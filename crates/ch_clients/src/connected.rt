ghost use Rattle.std.specs.Prelude.{◌≡◌, ◌<◌, ◌≤◌, [], Some, length, slice_get, IfOk, All};
ghost use Rattle.std.specs.List.{remove, insert};
ghost use Rattle.ch_clients.specs.Clients.{handed_to, placed, AreAscending, MayTurn};
ghost use Rattle.ch_clients.specs.declared.limits.TheConstants.{MOST_CLIENTS};
ghost use Rattle.ch_clients.specs.Steps.{IsStepAt, setting_with};
ghost use Rattle.ch_config.specs.Config.{IsConfig};
ghost use Rattle.ch_desk.specs.Views.{IsDeskOf};
ghost use Rattle.ch_history.specs.Limits.{IsMoment};

use crate::client::{Client, Step};
use crate::limits::MOST_CLIENTS;
use crate::room::insert_reserved;
use crate::server::Server;
use ch_base::{Memory, Shared};
use ch_desk::Desk;
use ch_net::Link;
use std::alloc::Global;
use std::marker::Model;

/// The clients that are connected, ascending by their numbers, with all the room that there will be. One is
/// found by its number in logarithmic time.
#[derive(Drop)]
pub(crate) struct Connected<L: Link> {
    rows: Vec<Client<L>>,
}

impl<L: Link> Model for Connected<L> {
    ghost use Rattle.std.specs.Prelude.{◌≤◌, List, vec_capacity};
    ghost use Rattle.ch_clients.specs.Clients.{Client, AreAscending};
    ghost use Rattle.ch_clients.specs.declared.limits.TheConstants.{MOST_CLIENTS};

    ghost Value = { List Client };

    ghost view = { λ c. c.rows.items };

    ghost invariant = { λ c. (MOST_CLIENTS ≤ vec_capacity c.rows) × AreAscending c.rows.items };
}

impl<L: Link> Connected<L> {
    /// Room for `MOST_CLIENTS` clients, of which none is there.
    pub(crate) fn new(alloc: Global) -> Result<Connected<L>, Memory>
        ensures { IfOk result (λ c. c ≡ []) }
    {
        Ok(Connected {
            rows: Vec::with_capacity(alloc, MOST_CLIENTS)?,
        })
    }

    /// How many clients there are.
    pub(crate) fn len(&self) -> usize
        ensures { result ≡ length self.now }
    {
        self.rows.len()
    }

    /// The numbers of the clients ascend.
    pub(crate) fn ascend(&self)
        ensures { AreAscending self.now }
    {
        let _ = &self.rows;
    }

    /// Hands a frame to the first client with its socket's number. Where there is none, it is dropped.
    pub(crate) fn hand(&mut self, frame: Shared)
        ensures { self.new ≡ handed_to self.old frame }
    {
        let socket = frame.socket();
        let at = self.rows.partition_point(|client| client.number() < socket);
        if at < self.rows.len() {
            self.rows[at].hand(frame);
        } else {
            let_go(frame);
        }
    }

    /// Lets a client in, behind those whose numbers aren't above its own. There is room for it.
    pub(crate) fn place(&mut self, client: Client<L>)
        requires { length self.old < MOST_CLIENTS }
        ensures { self.new ≡ placed client self.old }
    {
        let number = client.number();
        let at = self.rows.partition_point(|other| other.number() <= number);
        insert_reserved(&mut self.rows, at, client);
    }

    /// One turn of the client at a place.
    pub(crate) fn turn<R, D: Desk<R>>(
        &mut self,
        rt: &R,
        desk: &mut D,
        server: &Server,
        place: usize,
        now: u64,
    ) -> Step
        requires place { place < length self.old }
        requires config { IsConfig server.now.config }
        requires desk { IsDeskOf server.now.config (D.view desk.old) }
        requires may { All (MayTurn server.now.config) self.old }
        requires now { IsMoment now }
        ensures turn { IsStepAt (setting_with server.now now L.messages)
            place self.old self.new (D.view desk.old) (D.view desk.new) result }
        ensures shards { IsDeskOf server.now.config (D.view desk.new) }
    {
        self.rows[place].turn(rt, desk, server, now)
    }

    /// Takes out the client at a place.
    pub(crate) fn take_out(&mut self, place: usize) -> Client<L>
        requires { place < length self.old }
        ensures left { self.new ≡ remove self.old place }
        ensures client { slice_get self.old place ≡ Some result }
        ensures ascending { AreAscending self.old }
    {
        self.rows.remove(place)
    }

    /// Puts a client back at the place at which it was taken out.
    pub(crate) fn put_back(&mut self, place: usize, client: Client<L>)
        requires room { length self.old < MOST_CLIENTS }
        requires place { place ≤ length self.old }
        requires ascending { AreAscending (insert self.old place client) }
        ensures { self.new ≡ insert self.old place client }
    {
        insert_reserved(&mut self.rows, place, client);
    }
}

/// Drops a frame that is for nobody.
fn let_go(_frame: Shared) {}
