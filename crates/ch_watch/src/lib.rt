//! Which sockets are signed in as which users, and which watch whether a user is online.
//!
//! Contracts see [`Watches`] as two lists, the sign-ins and the watches that last, the oldest first, in
//! neither of which a socket has a user twice. Each call is said by the definitions of `ch_history`.
//! Only `sign_in` and `watch` take memory.
#![tactic(auto)]

mod rows;
mod user_rows;
mod watches;

pub use ch_index::{Holder, Holders};
pub use watches::Watches;
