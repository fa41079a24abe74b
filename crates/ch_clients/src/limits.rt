/// So many clients a worker has at most, with those who leave.
pub const MOST_CLIENTS: usize = 256;
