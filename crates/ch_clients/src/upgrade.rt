ghost use Rattle.std.specs.Prelude.{IfSome};
ghost use Rattle.ch_clients.specs.Serving.{IsUpgraded};
ghost use Rattle.ch_clients.specs.Steps.{setting_with};
ghost use Rattle.ch_config.specs.Config.{IsConfig};
ghost use Rattle.ch_history.specs.Limits.{IsMoment, IsSocket};
ghost use Rattle.ch_live.specs.Peers.{IsPeerOver};

use crate::server::Server;
use ch_base::Text;
use ch_exchange::Exchange;
use ch_live::Live;
use ch_net::Link;
use ch_session::{Session, StartFault};

/// The live socket of a handshake whose reply was written: its session, or the refusal of its target, over
/// the wire that its link becomes. None for want of memory, and the link is dropped then.
pub(crate) fn upgrade<L: Link>(
    server: &Server,
    number: u64,
    exchange: Exchange<L>,
    target: &Text,
    now: u64,
) -> Option<Live<L::Wire>>
    requires config { IsConfig server.now.config }
    requires number { IsSocket number }
    requires now { IsMoment now }
    ensures upgraded { IfSome result (λ live.
        IsUpgraded (setting_with server.now now L.messages)
        number target.now exchange.stage (L.told exchange.link) live.peer (L.Wire.told live.wire)) }
    ensures over { IfSome result (λ live. IsPeerOver server.now.config live.peer) }
{
    let (link, seen) = exchange.into_parts();
    let Ok(wire) = link.upgrade(seen) else {
        return None;
    };
    let alloc = server.alloc;
    match Session::start(
        alloc,
        &server.config,
        server.start,
        number,
        target.as_str(),
        now,
    ) {
        Ok(session) => match Live::new(alloc, session, wire) {
            Ok(live) => Some(live),
            Err(_) => None,
        },
        Err(StartFault::Code(code)) => Some(Live::refused(alloc, code, wire)),
        Err(StartFault::Memory) => None,
    }
}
▬▬▬
WORK ITEM: Each line above that contains "else" must be copied out.

EXERCISE RESPONSE:
        } else {
    let Ok(wire) = link.upgrade(seen) else {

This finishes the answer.